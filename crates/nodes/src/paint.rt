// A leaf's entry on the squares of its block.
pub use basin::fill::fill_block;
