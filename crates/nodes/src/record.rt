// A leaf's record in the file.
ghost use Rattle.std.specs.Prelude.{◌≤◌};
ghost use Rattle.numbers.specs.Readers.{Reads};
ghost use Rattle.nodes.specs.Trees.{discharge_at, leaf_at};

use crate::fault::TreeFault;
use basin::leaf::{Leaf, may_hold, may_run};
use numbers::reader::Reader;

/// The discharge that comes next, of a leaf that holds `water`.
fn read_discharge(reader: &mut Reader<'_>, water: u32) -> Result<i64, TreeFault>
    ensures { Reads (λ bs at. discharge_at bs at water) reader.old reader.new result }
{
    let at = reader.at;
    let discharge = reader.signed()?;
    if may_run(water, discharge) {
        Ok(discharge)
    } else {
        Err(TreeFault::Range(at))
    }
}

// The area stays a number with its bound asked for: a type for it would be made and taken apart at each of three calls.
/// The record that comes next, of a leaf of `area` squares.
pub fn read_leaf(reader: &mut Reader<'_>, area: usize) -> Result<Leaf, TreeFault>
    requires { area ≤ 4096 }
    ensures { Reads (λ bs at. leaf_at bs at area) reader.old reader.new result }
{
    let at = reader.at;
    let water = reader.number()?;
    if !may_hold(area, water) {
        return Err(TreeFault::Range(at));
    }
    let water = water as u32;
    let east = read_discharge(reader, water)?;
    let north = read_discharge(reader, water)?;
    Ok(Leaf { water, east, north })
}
++++++++++
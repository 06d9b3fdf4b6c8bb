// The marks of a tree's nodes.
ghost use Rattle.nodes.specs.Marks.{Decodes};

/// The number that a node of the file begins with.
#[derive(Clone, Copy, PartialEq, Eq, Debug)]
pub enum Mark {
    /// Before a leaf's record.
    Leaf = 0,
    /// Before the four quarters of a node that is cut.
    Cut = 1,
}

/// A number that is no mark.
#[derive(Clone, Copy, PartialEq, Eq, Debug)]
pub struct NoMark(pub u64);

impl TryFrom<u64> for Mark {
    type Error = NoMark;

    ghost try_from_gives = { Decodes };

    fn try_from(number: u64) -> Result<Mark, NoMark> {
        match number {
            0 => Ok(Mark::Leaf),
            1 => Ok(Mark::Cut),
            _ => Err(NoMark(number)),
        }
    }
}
++++++++++
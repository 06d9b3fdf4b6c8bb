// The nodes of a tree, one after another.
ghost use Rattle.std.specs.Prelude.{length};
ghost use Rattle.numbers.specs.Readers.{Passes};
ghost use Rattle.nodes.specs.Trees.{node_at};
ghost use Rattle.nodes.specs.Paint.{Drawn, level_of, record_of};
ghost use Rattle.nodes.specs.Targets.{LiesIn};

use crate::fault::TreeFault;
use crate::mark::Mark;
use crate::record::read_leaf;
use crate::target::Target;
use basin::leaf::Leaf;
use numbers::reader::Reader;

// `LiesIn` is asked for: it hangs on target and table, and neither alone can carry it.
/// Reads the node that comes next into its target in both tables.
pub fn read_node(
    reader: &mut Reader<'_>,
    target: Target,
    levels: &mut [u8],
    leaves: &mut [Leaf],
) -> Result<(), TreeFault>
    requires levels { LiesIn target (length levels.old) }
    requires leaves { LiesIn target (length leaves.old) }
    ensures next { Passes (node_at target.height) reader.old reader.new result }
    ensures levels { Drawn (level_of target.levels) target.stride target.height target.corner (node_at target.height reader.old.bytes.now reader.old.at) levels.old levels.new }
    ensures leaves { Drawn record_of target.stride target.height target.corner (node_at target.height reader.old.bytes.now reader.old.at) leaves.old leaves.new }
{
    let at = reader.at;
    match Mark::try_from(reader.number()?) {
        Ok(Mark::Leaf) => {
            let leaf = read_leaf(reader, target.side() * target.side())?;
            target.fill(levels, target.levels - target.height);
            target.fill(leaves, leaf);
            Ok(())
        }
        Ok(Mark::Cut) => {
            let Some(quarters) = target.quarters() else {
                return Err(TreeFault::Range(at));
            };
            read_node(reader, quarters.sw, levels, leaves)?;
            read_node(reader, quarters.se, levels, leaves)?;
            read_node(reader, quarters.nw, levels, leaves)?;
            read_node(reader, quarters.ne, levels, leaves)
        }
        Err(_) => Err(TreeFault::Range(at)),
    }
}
++++++++++
Reproduce each line in the listing above that mentions the string "else".

◆ **OUTPUT OF THE EXERCISE**
    } else {
            let Some(quarters) = target.quarters() else {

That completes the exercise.